Jul 05, 2006 00:00
Speaking of detox, I had a bottle of Mountain Dew today so I'm gonna be up for a while, hence this post. Been a few weeks since my last post and everything has kinda settled in for the most part. Stop and Shop has been what I've expected -- it just took some getting used to.
First off, the day after I get the job I come down with the worst back pain I've ever experienced in my life. Like, I couldn't stand up or sit; I had to lay down because the pain was that intense. Eventually I could walk around and sitting in a massage chair at Costco definitely helped out as well but the next day... strep throat like a motherfucker.

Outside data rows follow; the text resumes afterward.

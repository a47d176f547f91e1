//! Converts a store to the bytes of its file, and back.
ghost use Rattle.std.specs.Prelude.{◌≡◌, ◌≤◌, List, [], ◌++◌, length, IfOk, OnOk};
ghost use Rattle.erst_store.specs.Store.{Stored, IsStore};
ghost use Rattle.erst_store.specs.StoreFile.{record_bytes, store_bytes, ReadsStore, ReadsBack};
ghost use Rattle.erst_store.specs.StoreReading.{GivesStore, front_number, front_record, with_next, records_at, count_at, file_at};

use crate::store::{PutRefused, Store};
use ras_base::NoMemory;
use ras_base::little_endian::{push_u32, push_u64, u32_at, u64_at};
use std::alloc::Global;
use thiserror::Error;

/// Why bytes can't be read as a store.
#[derive(Clone, Copy, Debug, PartialEq, Eq, Drop, Error)]
pub enum StoreRefused {
    /// The bytes aren't a store file.
    #[error("the bytes are no store file")]
    Malformed,
    /// Memory ran out.
    #[error("memory ran out")]
    NoMemory,
}

// The first bytes of a store file.
pub(crate) const MAGIC: &[u8; 8] = b"RASERST1";

// How many bytes come before all records, and before the bytes of each record.
pub(crate) const HEADING_LENGTH: usize = 12;

pub(crate) const RECORD_HEADING_LENGTH: usize = 12;

impl Store {
    /// Returns the bytes of the store's file: eight letters, the number of records in 4 bytes, and
    /// for each record its identifier in 8 bytes, its length in 4 and its bytes. All numbers are
    /// little-endian.
    pub fn to_bytes(&self, alloc: Global) -> Result<Vec<u8>, NoMemory>
        ensures { IfOk result (λ v. v.items ≡ store_bytes self.now) }
    {
        let mut out = self.room(alloc, 0)?;
        self.push_bytes(&mut out)?;
        Ok(out)
    }

    /// Appends the bytes of the store's file, as `to_bytes` returns them.
    ///
    /// `NoMemory`: only if memory runs out.
    pub fn push_bytes(&self, out: &mut Vec<u8>) -> Result<(), NoMemory>
        ensures { OnOk result (out.new.items ≡ out.old.items ++ store_bytes self.now) }
    {
        out.extend_from_slice(MAGIC)?;
        push_u32(out, self.len() as u32)?;
        for i in 0..self.len() {
            push_record(out, self.id(i), self.bytes(i))?;
        }
        Ok(())
    }

    /// Returns an empty vector with room for the store's file and for `more` bytes after it.
    pub fn room(&self, alloc: Global, more: usize) -> Result<Vec<u8>, NoMemory>
        ensures { IfOk result (λ v. v.items ≡ []) }
    {
        let mut length = HEADING_LENGTH.saturating_add(more);
        for i in 0..self.len() {
            length = length.saturating_add(RECORD_HEADING_LENGTH + self.bytes(i).len());
        }
        Ok(Vec::with_capacity(alloc, length)?)
    }

    /// Returns the store whose file these bytes are.
    ///
    /// `Malformed`: if and only if the bytes aren't a store file. A store file is refused only if
    /// memory runs out.
    pub fn from_bytes(alloc: Global, bytes: &[u8]) -> Result<Store, StoreRefused>
        ensures gives { GivesStore (λ store. store) result (file_at bytes.now) }
        ensures read { ReadsStore bytes.now result }
        ensures back { (records : List Stored) → IsStore records → bytes.now ≡ store_bytes records
            → ReadsBack records result }
    {
        read_all(alloc, bytes)
    }

    // Appends a record, if it may come after the others.
    fn append(&mut self, id: u64, bytes: &[u8]) -> Result<(), StoreRefused>
        ensures { GivesStore (λ _. self.new) result (with_next (record { id = id; bytes = bytes.now })
            self.old) }
    {
        if self.place(id).is_some() {
            return Err(StoreRefused::Malformed);
        }
        match self.put(id, bytes) {
            Ok(()) => Ok(()),
            Err(PutRefused::NoMemory) => Err(StoreRefused::NoMemory),
            Err(_) => Err(StoreRefused::Malformed),
        }
    }
}

// Appends a record: its identifier, its length and its bytes.
fn push_record(out: &mut Vec<u8>, id: u64, bytes: &[u8]) -> Result<(), NoMemory>
    requires { length bytes.now ≤ 16384 }
    ensures { OnOk result (out.new.items ≡ out.old.items ++ record_bytes
        (record { id = id; bytes = bytes.now })) }
{
    push_u64(out, id)?;
    push_u32(out, bytes.len() as u32)?;
    out.extend_from_slice(bytes)?;
    Ok(())
}

// Returns the number in the first 4 bytes, and the bytes after it.
fn front_u32(bytes: &[u8]) -> Result<(u32, &[u8]), StoreRefused>
    ensures { GivesStore (λ x. (x.0, x.1.now)) result (front_number 4 bytes.now) }
{
    if bytes.len() < 4 {
        return Err(StoreRefused::Malformed);
    }
    let (_, rest) = bytes.split_at(4);
    Ok((u32_at(bytes, 0), rest))
}

// Returns the number in the first 8 bytes, and the bytes after it.
fn front_u64(bytes: &[u8]) -> Result<(u64, &[u8]), StoreRefused>
    ensures { GivesStore (λ x. (x.0, x.1.now)) result (front_number 8 bytes.now) }
{
    if bytes.len() < 8 {
        return Err(StoreRefused::Malformed);
    }
    let (_, rest) = bytes.split_at(8);
    Ok((u64_at(bytes, 0), rest))
}

// Returns the number of records that a file states, and the bytes after it.
#[tactic(auto, unfolding(crate::specs::StoreReading::count_at))]
fn count_of(bytes: &[u8]) -> Result<(u32, &[u8]), StoreRefused>
    ensures { GivesStore (λ x. (x.0, x.1.now)) result (count_at bytes.now) }
{
    match bytes.strip_prefix(MAGIC) {
        Some(rest) => front_u32(rest),
        None => Err(StoreRefused::Malformed),
    }
}

// Returns the first record of these bytes, and the bytes after it.
#[tactic(auto, unfolding(crate::specs::StoreReading::front_record))]
fn front_record(bytes: &[u8]) -> Result<(u64, &[u8], &[u8]), StoreRefused>
    ensures { GivesStore (λ x. (record { id = x.0; bytes = x.1.now }, x.2.now)) result (front_record bytes.now) }
{
    let (id, rest) = front_u64(bytes)?;
    let (len, rest) = front_u32(rest)?;
    let len = len as usize;
    if rest.len() < len {
        return Err(StoreRefused::Malformed);
    }
    let (content, rest) = rest.split_at(len);
    Ok((id, content, rest))
}

// Returns the store of this many records, which take up all of these bytes.
fn records_of(alloc: Global, count: u32, bytes: &[u8]) -> Result<Store, StoreRefused>
    ensures { GivesStore (λ s. s) result (records_at count [] bytes.now) }
{
    let mut store = Store::new(alloc);
    let mut rest = bytes;
    for _ in 0..count {
        let (id, content, after) = front_record(rest)?;
        store.append(id, content)?;
        rest = after;
    }
    if !rest.is_empty() {
        return Err(StoreRefused::Malformed);
    }
    Ok(store)
}

// Returns the store whose file these bytes are, all of them.
#[tactic(auto, unfolding(crate::specs::StoreReading::file_at))]
fn read_all(alloc: Global, bytes: &[u8]) -> Result<Store, StoreRefused>
    ensures { GivesStore (λ s. s) result (file_at bytes.now) }
{
    let (count, rest) = count_of(bytes)?;
    records_of(alloc, count, rest)
}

I've never been that sick from strep throat EVER. I was bed-ridden for two days and the second day I couldn't keep anything down along with a fever that just crushed my head in. I felt horrible, I just could not move or do anything. I missed ball on Friday and my orientation the next day. I made it up that Monday but even then I wasn't feeling totally perfect. I'm fine now and I eventually started work that week but I just couldn't believe I was that sick.
As far as the actual job goes... like I said, it's been what I expected. It's something to keep me busy for the summer. The thing is, while in UNH I had to do a lot of mental gymnastics or had to deal with a lot on mind, working at Stop and Shop is not a psychological burden. I restock milk and eggs and reset the shelves for at least 4 hrs. a day, 4 days a week. $6.75/hr. which doesn't seem like much but when considering that at Camp Debaun I got $50-$60 like every two weeks working full-time with a bunch of spoiled brats to now... my first check was $105 for 16 hrs. worth. Can't complain really. As far as any co-workers, I haven't even met my manager cuz he works the morning shift and I come in at night. I only know Cohen, the guy who trained me and (up until this past week) the only other guy working in Dairy along with me. While I'm working, I see this white-hot co-worker resetting the shelves across from me. I know nothing about her except her name's Marissa and she's gorgeous. I mean, she's cute with the S & S shirt on... when it comes off, my jaw just drops. I work tomorrow so maybe I might try to strike conversation up... probably not, though.
As far as anything else going on this summer, we just had a barbecue for 4th of July, which brought out the family. I had to work but when I came home, everyone was still there. That's been about it on the home front. I do some recording every now and then, but it seems that something always goes wrong when I record... dunno what that means.
Finally, I made up with Laura. Everything's back to normal now -- as normal as it can get I guess. I think I had text messaged her by accident back in June but we had some contact from that but recently we touched base and got everything out in the open. Apparently people actually read this (at least two people) which is ironic considering my last blog got me in some trouble with a female. Wow, I really am a loser -- when I get my heart broken, I cry about it in my blog. I officially am a dork.. if I wasn't one already. Whatever the case may be, Laura's my girl, probably the best female friend I've ever had, the most fun I've ever had with a female and definitely someone I'll miss when it comes time to go back to UNH. But I ain't lettin her go away. You don't let best friends disappear.
I feel great, mentally. I'm relaxed, I'm refocusing again. My head is clear and, with the job now, I still stay sharp and active but it's a relaxed focus. I'm not my normal intense self like I am at UNH. Thinking about it recently, as it will be my last year, with all that I've accomplished and all that I've done I really have nothing to prove to anyone and I feel content with the job that I've done. All the projects I've worked on for the past 2 years are up and running well now -- I'm not needed for pep band or marching band really. The German Club is a responsibility that I want to have but it's not necessary. That doesn't mean I don't have any more tricks up my sleeve, cuz I still do. I got a few more bullets left in me but it's nice to know that going into my last year, I've got the option of deciding whether or not to be intense. I have to have an option now, really. I know my temper now and I know that it's like alcoholism: the littlest temptations can make me spiral out of control.